▸ Work to complete:
Reproduce the listing below exactly, from its first line down to and including the line with "let graph = LargeGraph::build(alloc, resolved).ok()?;".

**** Dataset

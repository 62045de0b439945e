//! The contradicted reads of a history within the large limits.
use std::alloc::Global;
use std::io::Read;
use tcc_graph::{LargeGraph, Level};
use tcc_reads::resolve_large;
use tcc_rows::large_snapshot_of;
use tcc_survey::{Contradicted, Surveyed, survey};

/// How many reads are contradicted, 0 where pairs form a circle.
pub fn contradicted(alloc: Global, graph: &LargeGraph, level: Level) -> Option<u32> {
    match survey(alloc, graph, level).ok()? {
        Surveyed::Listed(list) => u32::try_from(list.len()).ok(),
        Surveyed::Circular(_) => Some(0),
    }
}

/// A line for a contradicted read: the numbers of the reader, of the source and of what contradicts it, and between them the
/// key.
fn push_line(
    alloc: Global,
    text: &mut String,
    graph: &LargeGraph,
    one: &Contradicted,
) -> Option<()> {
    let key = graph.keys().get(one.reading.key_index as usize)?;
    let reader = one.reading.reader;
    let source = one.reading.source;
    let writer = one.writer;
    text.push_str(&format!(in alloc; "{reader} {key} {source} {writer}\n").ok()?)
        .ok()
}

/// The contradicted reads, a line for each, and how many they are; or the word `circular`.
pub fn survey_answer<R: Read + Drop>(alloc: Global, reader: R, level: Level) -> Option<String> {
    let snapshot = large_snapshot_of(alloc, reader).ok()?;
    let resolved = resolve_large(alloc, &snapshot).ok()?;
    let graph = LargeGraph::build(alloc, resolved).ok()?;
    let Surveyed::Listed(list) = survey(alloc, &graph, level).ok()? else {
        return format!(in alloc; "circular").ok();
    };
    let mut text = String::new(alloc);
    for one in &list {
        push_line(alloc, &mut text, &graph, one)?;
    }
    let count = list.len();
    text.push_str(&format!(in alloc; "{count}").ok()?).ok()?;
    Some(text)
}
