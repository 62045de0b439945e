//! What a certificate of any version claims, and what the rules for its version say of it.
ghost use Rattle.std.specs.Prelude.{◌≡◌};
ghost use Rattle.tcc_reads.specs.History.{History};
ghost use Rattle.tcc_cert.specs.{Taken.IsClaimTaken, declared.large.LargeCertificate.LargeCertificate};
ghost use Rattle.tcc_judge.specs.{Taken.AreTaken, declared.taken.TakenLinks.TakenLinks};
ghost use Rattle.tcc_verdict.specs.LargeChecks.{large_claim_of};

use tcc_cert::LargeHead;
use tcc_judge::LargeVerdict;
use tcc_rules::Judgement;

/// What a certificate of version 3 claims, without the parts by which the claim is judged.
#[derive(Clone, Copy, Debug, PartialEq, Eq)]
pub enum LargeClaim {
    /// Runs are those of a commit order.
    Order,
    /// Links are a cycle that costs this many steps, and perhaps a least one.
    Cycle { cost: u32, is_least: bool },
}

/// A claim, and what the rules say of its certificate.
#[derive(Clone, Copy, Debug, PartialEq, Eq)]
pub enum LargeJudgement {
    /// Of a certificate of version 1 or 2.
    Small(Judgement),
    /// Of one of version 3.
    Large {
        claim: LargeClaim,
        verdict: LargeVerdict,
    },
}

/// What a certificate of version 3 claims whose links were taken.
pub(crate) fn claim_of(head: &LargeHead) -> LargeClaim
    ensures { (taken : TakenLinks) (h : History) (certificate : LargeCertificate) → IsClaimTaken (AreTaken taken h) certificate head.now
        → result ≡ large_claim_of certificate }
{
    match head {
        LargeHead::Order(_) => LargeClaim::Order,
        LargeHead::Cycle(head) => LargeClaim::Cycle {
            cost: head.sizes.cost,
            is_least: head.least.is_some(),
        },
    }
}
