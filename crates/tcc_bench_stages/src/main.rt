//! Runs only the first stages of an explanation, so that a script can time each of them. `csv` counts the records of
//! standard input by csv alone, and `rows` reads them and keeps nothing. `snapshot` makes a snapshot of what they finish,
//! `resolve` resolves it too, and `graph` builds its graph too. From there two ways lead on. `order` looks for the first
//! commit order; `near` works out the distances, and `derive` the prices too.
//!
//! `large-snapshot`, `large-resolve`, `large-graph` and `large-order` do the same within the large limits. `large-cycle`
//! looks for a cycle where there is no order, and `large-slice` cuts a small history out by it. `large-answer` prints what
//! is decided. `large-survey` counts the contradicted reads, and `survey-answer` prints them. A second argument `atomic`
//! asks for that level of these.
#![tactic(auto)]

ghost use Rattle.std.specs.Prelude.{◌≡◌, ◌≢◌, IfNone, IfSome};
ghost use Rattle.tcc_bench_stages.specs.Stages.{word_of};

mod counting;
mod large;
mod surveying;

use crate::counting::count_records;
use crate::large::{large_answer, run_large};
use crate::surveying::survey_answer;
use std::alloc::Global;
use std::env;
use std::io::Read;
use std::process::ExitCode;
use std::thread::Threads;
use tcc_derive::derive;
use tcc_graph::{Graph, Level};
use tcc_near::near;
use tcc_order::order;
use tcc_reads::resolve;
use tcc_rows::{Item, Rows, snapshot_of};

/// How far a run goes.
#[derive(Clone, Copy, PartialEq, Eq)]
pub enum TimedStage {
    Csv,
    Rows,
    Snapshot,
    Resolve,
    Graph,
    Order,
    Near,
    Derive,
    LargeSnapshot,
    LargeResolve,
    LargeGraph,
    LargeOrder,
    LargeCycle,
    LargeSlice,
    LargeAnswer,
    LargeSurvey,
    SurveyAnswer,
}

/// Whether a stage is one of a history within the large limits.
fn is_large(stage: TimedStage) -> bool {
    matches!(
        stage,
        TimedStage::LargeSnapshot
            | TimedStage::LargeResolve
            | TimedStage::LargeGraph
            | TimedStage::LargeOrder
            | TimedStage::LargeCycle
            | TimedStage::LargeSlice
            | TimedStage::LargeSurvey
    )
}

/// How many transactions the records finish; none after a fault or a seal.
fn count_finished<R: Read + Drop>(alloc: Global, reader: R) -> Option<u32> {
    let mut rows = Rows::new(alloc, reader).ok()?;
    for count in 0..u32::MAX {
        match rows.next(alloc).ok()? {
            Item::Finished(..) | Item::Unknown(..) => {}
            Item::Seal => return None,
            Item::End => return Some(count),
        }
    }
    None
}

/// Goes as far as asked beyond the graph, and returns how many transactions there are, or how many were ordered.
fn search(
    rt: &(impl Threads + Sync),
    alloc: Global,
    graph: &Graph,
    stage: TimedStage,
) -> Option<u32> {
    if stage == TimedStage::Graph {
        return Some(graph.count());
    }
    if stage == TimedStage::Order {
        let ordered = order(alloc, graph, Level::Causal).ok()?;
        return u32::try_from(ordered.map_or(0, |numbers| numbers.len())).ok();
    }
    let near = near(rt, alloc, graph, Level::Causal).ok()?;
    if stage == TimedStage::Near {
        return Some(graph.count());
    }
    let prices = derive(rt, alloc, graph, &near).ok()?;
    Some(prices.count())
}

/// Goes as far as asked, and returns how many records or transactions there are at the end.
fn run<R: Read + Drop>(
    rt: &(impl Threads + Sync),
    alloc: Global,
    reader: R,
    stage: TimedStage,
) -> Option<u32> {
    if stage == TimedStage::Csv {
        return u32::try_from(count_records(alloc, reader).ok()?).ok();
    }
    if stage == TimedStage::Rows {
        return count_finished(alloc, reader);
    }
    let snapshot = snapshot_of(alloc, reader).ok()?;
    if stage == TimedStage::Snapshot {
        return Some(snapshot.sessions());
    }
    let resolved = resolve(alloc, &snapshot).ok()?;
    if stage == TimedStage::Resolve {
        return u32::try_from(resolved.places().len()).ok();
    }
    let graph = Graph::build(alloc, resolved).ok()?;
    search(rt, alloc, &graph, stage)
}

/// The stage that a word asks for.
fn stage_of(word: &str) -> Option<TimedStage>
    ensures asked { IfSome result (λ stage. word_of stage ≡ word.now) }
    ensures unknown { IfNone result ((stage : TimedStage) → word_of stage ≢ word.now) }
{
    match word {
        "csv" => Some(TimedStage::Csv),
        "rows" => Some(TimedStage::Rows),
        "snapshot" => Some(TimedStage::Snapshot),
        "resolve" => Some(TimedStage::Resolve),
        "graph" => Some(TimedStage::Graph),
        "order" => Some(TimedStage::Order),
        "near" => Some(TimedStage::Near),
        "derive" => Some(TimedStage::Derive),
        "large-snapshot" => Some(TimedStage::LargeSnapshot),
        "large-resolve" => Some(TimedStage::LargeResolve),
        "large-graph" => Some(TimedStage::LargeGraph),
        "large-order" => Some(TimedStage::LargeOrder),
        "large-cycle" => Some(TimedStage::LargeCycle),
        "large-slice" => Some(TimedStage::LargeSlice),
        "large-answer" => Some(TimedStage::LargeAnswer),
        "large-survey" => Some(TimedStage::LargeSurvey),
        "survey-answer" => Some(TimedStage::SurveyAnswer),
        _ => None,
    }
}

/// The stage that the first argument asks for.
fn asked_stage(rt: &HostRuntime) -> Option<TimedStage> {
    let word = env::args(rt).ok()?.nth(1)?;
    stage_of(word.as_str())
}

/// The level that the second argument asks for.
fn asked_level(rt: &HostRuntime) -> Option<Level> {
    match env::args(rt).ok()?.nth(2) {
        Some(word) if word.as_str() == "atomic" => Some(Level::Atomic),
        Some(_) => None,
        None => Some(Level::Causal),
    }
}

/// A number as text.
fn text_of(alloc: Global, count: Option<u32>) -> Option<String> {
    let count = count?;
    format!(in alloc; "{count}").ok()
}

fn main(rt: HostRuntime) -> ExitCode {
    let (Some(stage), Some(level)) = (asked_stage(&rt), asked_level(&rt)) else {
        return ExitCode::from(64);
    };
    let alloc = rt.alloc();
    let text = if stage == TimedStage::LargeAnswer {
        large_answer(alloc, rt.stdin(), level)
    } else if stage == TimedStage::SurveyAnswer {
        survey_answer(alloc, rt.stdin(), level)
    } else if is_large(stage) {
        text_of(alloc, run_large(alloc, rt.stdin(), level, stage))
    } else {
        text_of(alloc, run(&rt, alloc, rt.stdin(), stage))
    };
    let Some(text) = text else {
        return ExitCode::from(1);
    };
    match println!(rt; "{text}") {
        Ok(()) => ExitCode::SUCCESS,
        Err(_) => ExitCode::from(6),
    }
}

********

▸ Expected output:
repository 62045de0b439945e
//! The contradicted reads of a history within the large limits.
use std::alloc::Global;
use std::io::Read;
use tcc_graph::{LargeGraph, Level};
use tcc_reads::resolve_large;
use tcc_rows::large_snapshot_of;
use tcc_survey::{Contradicted, Surveyed, survey};

/// How many reads are contradicted, 0 where pairs form a circle.
pub fn contradicted(alloc: Global, graph: &LargeGraph, level: Level) -> Option<u32> {
    match survey(alloc, graph, level).ok()? {
        Surveyed::Listed(list) => u32::try_from(list.len()).ok(),
        Surveyed::Circular(_) => Some(0),
    }
}

/// A line for a contradicted read: the numbers of the reader, of the source and of what contradicts it, and between them the
/// key.
fn push_line(
    alloc: Global,
    text: &mut String,
    graph: &LargeGraph,
    one: &Contradicted,
) -> Option<()> {
    let key = graph.keys().get(one.reading.key_index as usize)?;
    let reader = one.reading.reader;
    let source = one.reading.source;
    let writer = one.writer;
    text.push_str(&format!(in alloc; "{reader} {key} {source} {writer}\n").ok()?)
        .ok()
}

/// The contradicted reads, a line for each, and how many they are; or the word `circular`.
pub fn survey_answer<R: Read + Drop>(alloc: Global, reader: R, level: Level) -> Option<String> {
    let snapshot = large_snapshot_of(alloc, reader).ok()?;
    let resolved = resolve_large(alloc, &snapshot).ok()?;
    let graph = LargeGraph::build(alloc, resolved).ok()?;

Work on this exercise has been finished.